Read A Murderous Procession Page 21


  He turned away “You’ll be needing a new pair of shoes,” he said.

  WOLF IS BARKING inside Scarry’s head. “How did they escape? where did she go?”

  “I don’t know, I don’t know. Stop it, my love, you’re hurting me.”

  It’s the worms; they twist and squirm through holes in his brain so that he can’t think for pain.

  “You promised.”

  “Cathars must have rescued her.”

  “Find her. Destroy her. I am you and you are me, forever. Homo homini lupus.”

  “I shall, I shall. wíll you give me peace, when I do?”

  “Oh, yes, then we shall both have peace.”

  But the worms keep up their squígglíng, for all that Scarry can do in trying to take his head off and let them out.

  DENIZ MADE HER SHOES. The burden his mule carried was a cornucopia from which the little Turk produced a huge needle, oiled thread, canvas, and a piece of leather.

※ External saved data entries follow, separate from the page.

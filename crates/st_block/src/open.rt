ghost use Rattle.std.specs.Prelude.{◌≡◌, ◌≢◌, ◌+◌, ◌*◌, ◌≤◌, length, take, IfErr, IfOk, OnOk, IsTrue, List, Ok, Err};
ghost use Rattle.st_block.specs.Block.{Cell, block_of, entries_of, is_long_enough, next_cell, tail_of, restarts_fit};
ghost use Rattle.st_block.specs.Entry.{IsLayout, IsRead, IsUnfit, MayStand, IsTested, cell_of, pass, restarts_left};

use crate::entry::{ReadCell, head_behind};
use crate::keys::{is_after, is_long};
use crate::kind::BlockKind;
use crate::tail::{Tail, tail_of};
use st_base::{BlockFault, Scratch};
use st_code::fixed32_in;

/// What testing the entries has counted.
#[derive(Clone, Copy)]
pub(crate) struct CellCounts {
    pub(crate) entries: usize,
    /// How many restarts, from the first on, were entries that share nothing.
    pub(crate) met: usize,
}

/// How a block lies in its bytes.
#[derive(Clone, Copy)]
pub(crate) struct Layout {
    pub(crate) end: usize,
    pub(crate) restarts: usize,
    pub(crate) entries: usize,
}

// The entry at the offset, after the key in the scratch, tested by its kind of block; its key is put into the scratch.
fn next_cell(
    area: &[u8],
    kind: BlockKind,
    at: usize,
    scratch: &mut Scratch,
) -> Result<ReadCell, BlockFault>
    requires { at ≢ 0 → IsTrue (is_long_enough kind scratch.old) }
    ensures ok { IfOk result
        (λ read. (next_cell kind area.now scratch.old at ≡ Ok (cell_of area.now at scratch.new read, read.next))
        × IsRead (length area.now) at read × IsTrue (is_long_enough kind scratch.new)) }
    ensures err { IfErr result (λ fault. next_cell kind area.now scratch.old at ≡ Err fault) }
{
    let Some(head) = head_behind(area, scratch.as_slice(), at) else {
        return Err(BlockFault::Entry(at as u64));
    };
    if !is_long(kind, head.shared + head.unshared) {
        return Err(BlockFault::Entry(at as u64));
    }
    let value = head.behind + head.unshared;
    let others = &area[head.behind..value];
    if at != 0 && !is_after(kind, scratch.as_slice(), head.shared, others) {
        return Err(BlockFault::Order(at as u64));
    }
    scratch.keep_and_add(head.shared, others);
    Ok(ReadCell {
        shared: head.shared,
        value,
        next: value + head.value,
    })
}

// How many restarts were met once the entry at the offset, which shares so many bytes, has gone by.
fn met_by(text: &[u8], tail: Tail, met: usize, at: usize, shared: usize) -> usize
    requires room { tail.end + 4 * tail.count ≤ length text.now }
    requires met { met ≤ tail.count }
    ensures left { (cell : Cell) → cell.at ≡ at → cell.shared ≡ shared
        → pass (restarts_left text.now tail met) cell ≡ restarts_left text.now tail result }
    ensures within { result ≤ tail.count }
{
    if met == tail.count {
        return met;
    }
    let is_met = fixed32_in(text, tail.end + 4 * met) as usize == at && shared == 0;
    if is_met { met + 1 } else { met }
}

// The entries before the tail, tested one after the other.
fn test_entries(
    text: &[u8],
    tail: Tail,
    kind: BlockKind,
    scratch: &mut Scratch,
) -> Result<CellCounts, BlockFault>
    requires { tail.end + 4 * tail.count ≤ length text.now }
    ensures ok { IfOk result
        (λ found. ((cells : List Cell) × IsTested kind text.now (take tail.end text.now) tail found cells)) }
    ensures err { IfErr result (λ fault. entries_of kind (take tail.end text.now) ≡ Err fault) }
{
    let area = &text[..tail.end];
    scratch.keep_and_add(0, &[]);
    let mut at = 0;
    let mut entries = 0;
    let mut met = 0;
    while at < area.len() {
        let read = next_cell(area, kind, at, scratch)?;
        met = met_by(text, tail, met, at, read.shared);
        entries += 1;
        at = read.next;
    }
    Ok(CellCounts { entries, met })
}

// Whether the restarts fit the entries: a data block has an entry, a block without entries has one restart, and every
// restart is an entry that shares nothing.
fn restarts_fit(kind: BlockKind, tail: Tail, found: CellCounts) -> Result<(), BlockFault>
    ensures ok { OnOk result (MayStand kind tail.count found) }
    ensures err { IfErr result (λ fault. IsUnfit kind tail.count found fault) }
{
    if found.entries == 0 {
        return match kind {
            BlockKind::Data => Err(BlockFault::Entry(0)),
            BlockKind::Index | BlockKind::Plain if tail.count == 1 => Ok(()),
            BlockKind::Index | BlockKind::Plain => Err(BlockFault::Restarts),
        };
    }
    if found.met == tail.count {
        Ok(())
    } else {
        Err(BlockFault::Restarts)
    }
}

/// How the block lies in its bytes, or its first fault.
pub(crate) fn layout_of(
    text: &[u8],
    kind: BlockKind,
    scratch: &mut Scratch,
) -> Result<Layout, BlockFault>
    ensures ok { IfOk result (λ layout. ((cells : List Cell) × IsLayout kind text.now layout cells)) }
    ensures err { IfErr result (λ fault. block_of kind text.now ≡ Err fault) }
{
    let Some(tail) = tail_of(text) else {
        return Err(BlockFault::Restarts);
    };
    let found = test_entries(text, tail, kind, scratch)?;
    restarts_fit(kind, tail, found)?;
    Ok(Layout {
        end: tail.end,
        restarts: tail.count,
        entries: found.entries,
    })
}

  While he was at work, the ex-prisoners did their best to become clean.

  With the men standing dutifully outside the cave entrance, eyes averted, the two women stripped and used the lake as a washtub for themselves and their clothes. Adelia tried to persuade Boggart to immerse herself completely, as she was doing, but the girl stayed on the edge with Ward, laving herself and pleading her pregnancy. “Be a shock to the baby, missus.”

  Perhaps she was right; the water was very cold, but, to Adelia, its bite was almost baptismal, taking away stain not only from her body but, in part, from her soul.

  Whatever it was, she emerged tingling with a new determination. I’m alive and, God dammit, I’ll stay alive. I’m goíng to get back to Allie.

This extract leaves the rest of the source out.